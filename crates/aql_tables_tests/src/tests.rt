ghost use Rattle.std.specs.Prelude.{◌<◌, ◌^◌, IfOk, length};

use aql_lexer::{Tok, lex};
use aql_parser::{MAX_NESTING, measure, parse};
use aql_regex_extract::PatternFault;
use aql_tables::{ProgramTables, collect, is_dictionary};
use std::alloc::Global;
use std::test::Fail;
use view_graph::{Graph, resolve};

/// A program that mentions three patterns, a text that is none, and two dictionaries either way.
const PROGRAM: &str = "
    create dictionary D as ('ann', 'bo');
    create dictionary E as ('x');
    create view V as
        select d.text as t, 'E' as e, ContainsRegex(/x/, d.text) as c from Document d
        where ContainsDict('D', 'Exact', d.text) and MatchesRegex(/(a)(b)/, d.text) and ContainsRegex(/(/, d.text);
    create view W as
        extract regex /y|z/ on n.text as m from (select d.text from Document d where ContainsRegex(/x/, d.text)) n;
    create view X as extract dictionary D on d.text as m from Document d;
    output view V;
";

/// Texts with the numbers that they have as patterns, and their groups.
const PATTERNS: [(&str, u32, u32); 6] = [
    ("x", 0, 0),
    ("(a)(b)", 1, 2),
    ("y|z", 2, 0),
    ("(", 3, 0),
    ("w", 3, 0),
    ("(w)", 3, 1),
];

/// Names, whether case counts, and the numbers that they have as dictionaries.
const DICTIONARIES: [(&str, bool, u32); 6] = [
    ("E", false, 0),
    ("E", true, 1),
    ("D", true, 2),
    ("D", false, 3),
    ("F", true, 4),
    ("d", false, 4),
];

fn lexed(alloc: Global) -> Result<Vec<Tok>, Fail>
    ensures few { IfOk result (λ toks. length toks.items < 2 ^ 32) }
{
    match lex(alloc, PROGRAM) {
        Ok(toks) if toks.len() < 10_000 => Ok(toks),
        _ => Err(Fail::from("the program has tokens")),
    }
}

fn graph_of(alloc: Global) -> Result<Graph, Fail> {
    let toks = lexed(alloc)?;
    if measure(&toks).nesting > MAX_NESTING {
        return Err(Fail::from("the program nests within the limit"));
    }
    let Ok(statements) = parse(alloc, &toks) else {
        return Err(Fail::from("the program is read"));
    };
    match resolve(alloc, statements) {
        Ok(graph) => Ok(graph),
        Err(_) => Err(Fail::from("the program's names are known")),
    }
}

fn tables_of(alloc: Global) -> Result<ProgramTables, Fail> {
    let graph = graph_of(alloc)?;
    let tables = collect(alloc, &graph)?;
    Ok(tables)
}

#[test]
fn a_pattern_has_the_number_of_its_first_mention_and_its_groups(
    rt: HostRuntime,
) -> Result<(), Fail> {
    let alloc = rt.alloc();
    let tables = tables_of(alloc)?;
    for (text, number, groups) in PATTERNS {
        assert_eq!(rt; tables.pattern_number(text), number, "{text}");
        assert_eq!(rt; tables.group_count(alloc, text)?, groups, "{text}");
    }
    Ok(())
}

#[test]
fn a_text_that_is_no_pattern_has_its_fault(rt: HostRuntime) -> Result<(), Fail> {
    let alloc = rt.alloc();
    let tables = tables_of(alloc)?;
    for (text, want) in [
        ("x", None),
        ("w", None),
        ("(", Some(PatternFault::Bad)),
        ("[", Some(PatternFault::Bad)),
    ] {
        assert_eq!(rt; tables.pattern_fault(alloc, text)?, want, "{text}");
    }
    Ok(())
}

#[test]
fn a_dictionary_has_a_number_for_each_way_it_is_compared(rt: HostRuntime) -> Result<(), Fail> {
    let tables = tables_of(rt.alloc())?;
    for (name, exact, number) in DICTIONARIES {
        assert_eq!(rt; tables.dict_number(name, exact), number, "{name} {exact}");
    }
    Ok(())
}

#[test]
fn names_of_dictionaries_are_known(rt: HostRuntime) -> Result<(), Fail> {
    let graph = graph_of(rt.alloc())?;
    for (name, want) in [("D", true), ("E", true), ("V", false), ("d", false)] {
        assert_eq!(rt; is_dictionary(&graph, name), want, "{name}");
    }
    Ok(())
}

#[test]
fn tables_are_made_of_what_was_collected(rt: HostRuntime) -> Result<(), Fail> {
    let alloc = rt.alloc();
    let tables = tables_of(alloc)?;
    tables.into_tables(alloc)?;
    Ok(())
}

What you will do: Retype the data. Every line must match the original exactly.

Your solution:
filename crates/aql_tables_tests/src/tests.rt
ghost use Rattle.std.specs.Prelude.{◌<◌, ◌^◌, IfOk, length};

use aql_lexer::{Tok, lex};
use aql_parser::{MAX_NESTING, measure, parse};
use aql_regex_extract::PatternFault;
use aql_tables::{ProgramTables, collect, is_dictionary};
use std::alloc::Global;
use std::test::Fail;
use view_graph::{Graph, resolve};

/// A program that mentions three patterns, a text that is none, and two dictionaries either way.
const PROGRAM: &str = "
    create dictionary D as ('ann', 'bo');
    create dictionary E as ('x');
    create view V as
        select d.text as t, 'E' as e, ContainsRegex(/x/, d.text) as c from Document d
        where ContainsDict('D', 'Exact', d.text) and MatchesRegex(/(a)(b)/, d.text) and ContainsRegex(/(/, d.text);
    create view W as
        extract regex /y|z/ on n.text as m from (select d.text from Document d where ContainsRegex(/x/, d.text)) n;
    create view X as extract dictionary D on d.text as m from Document d;
    output view V;
";

/// Texts with the numbers that they have as patterns, and their groups.
const PATTERNS: [(&str, u32, u32); 6] = [
    ("x", 0, 0),
    ("(a)(b)", 1, 2),
    ("y|z", 2, 0),
    ("(", 3, 0),
    ("w", 3, 0),
    ("(w)", 3, 1),
];

/// Names, whether case counts, and the numbers that they have as dictionaries.
const DICTIONARIES: [(&str, bool, u32); 6] = [
    ("E", false, 0),
    ("E", true, 1),
    ("D", true, 2),
    ("D", false, 3),
    ("F", true, 4),
    ("d", false, 4),
];

fn lexed(alloc: Global) -> Result<Vec<Tok>, Fail>
    ensures few { IfOk result (λ toks. length toks.items < 2 ^ 32) }
{
    match lex(alloc, PROGRAM) {
        Ok(toks) if toks.len() < 10_000 => Ok(toks),
        _ => Err(Fail::from("the program has tokens")),
    }
}

fn graph_of(alloc: Global) -> Result<Graph, Fail> {
    let toks = lexed(alloc)?;
    if measure(&toks).nesting > MAX_NESTING {
        return Err(Fail::from("the program nests within the limit"));
    }
    let Ok(statements) = parse(alloc, &toks) else {
        return Err(Fail::from("the program is read"));
    };
    match resolve(alloc, statements) {
        Ok(graph) => Ok(graph),
        Err(_) => Err(Fail::from("the program's names are known")),
    }
}

fn tables_of(alloc: Global) -> Result<ProgramTables, Fail> {
    let graph = graph_of(alloc)?;
    let tables = collect(alloc, &graph)?;
    Ok(tables)
}

#[test]
fn a_pattern_has_the_number_of_its_first_mention_and_its_groups(
    rt: HostRuntime,
) -> Result<(), Fail> {
    let alloc = rt.alloc();
    let tables = tables_of(alloc)?;
    for (text, number, groups) in PATTERNS {
        assert_eq!(rt; tables.pattern_number(text), number, "{text}");
        assert_eq!(rt; tables.group_count(alloc, text)?, groups, "{text}");
    }
    Ok(())
}

#[test]
fn a_text_that_is_no_pattern_has_its_fault(rt: HostRuntime) -> Result<(), Fail> {
    let alloc = rt.alloc();
    let tables = tables_of(alloc)?;
    for (text, want) in [
        ("x", None),
        ("w", None),
        ("(", Some(PatternFault::Bad)),
        ("[", Some(PatternFault::Bad)),
    ] {
        assert_eq!(rt; tables.pattern_fault(alloc, text)?, want, "{text}");
    }
    Ok(())
}

#[test]
fn a_dictionary_has_a_number_for_each_way_it_is_compared(rt: HostRuntime) -> Result<(), Fail> {
    let tables = tables_of(rt.alloc())?;
    for (name, exact, number) in DICTIONARIES {
        assert_eq!(rt; tables.dict_number(name, exact), number, "{name} {exact}");
    }
    Ok(())
}

#[test]
fn names_of_dictionaries_are_known(rt: HostRuntime) -> Result<(), Fail> {
    let graph = graph_of(rt.alloc())?;
    for (name, want) in [("D", true), ("E", true), ("V", false), ("d", false)] {
        assert_eq!(rt; is_dictionary(&graph, name), want, "{name}");
    }
    Ok(())
}

#[test]
fn tables_are_made_of_what_was_collected(rt: HostRuntime) -> Result<(), Fail> {
    let alloc = rt.alloc();
    let tables = tables_of(alloc)?;
    tables.into_tables(alloc)?;
    Ok(())
}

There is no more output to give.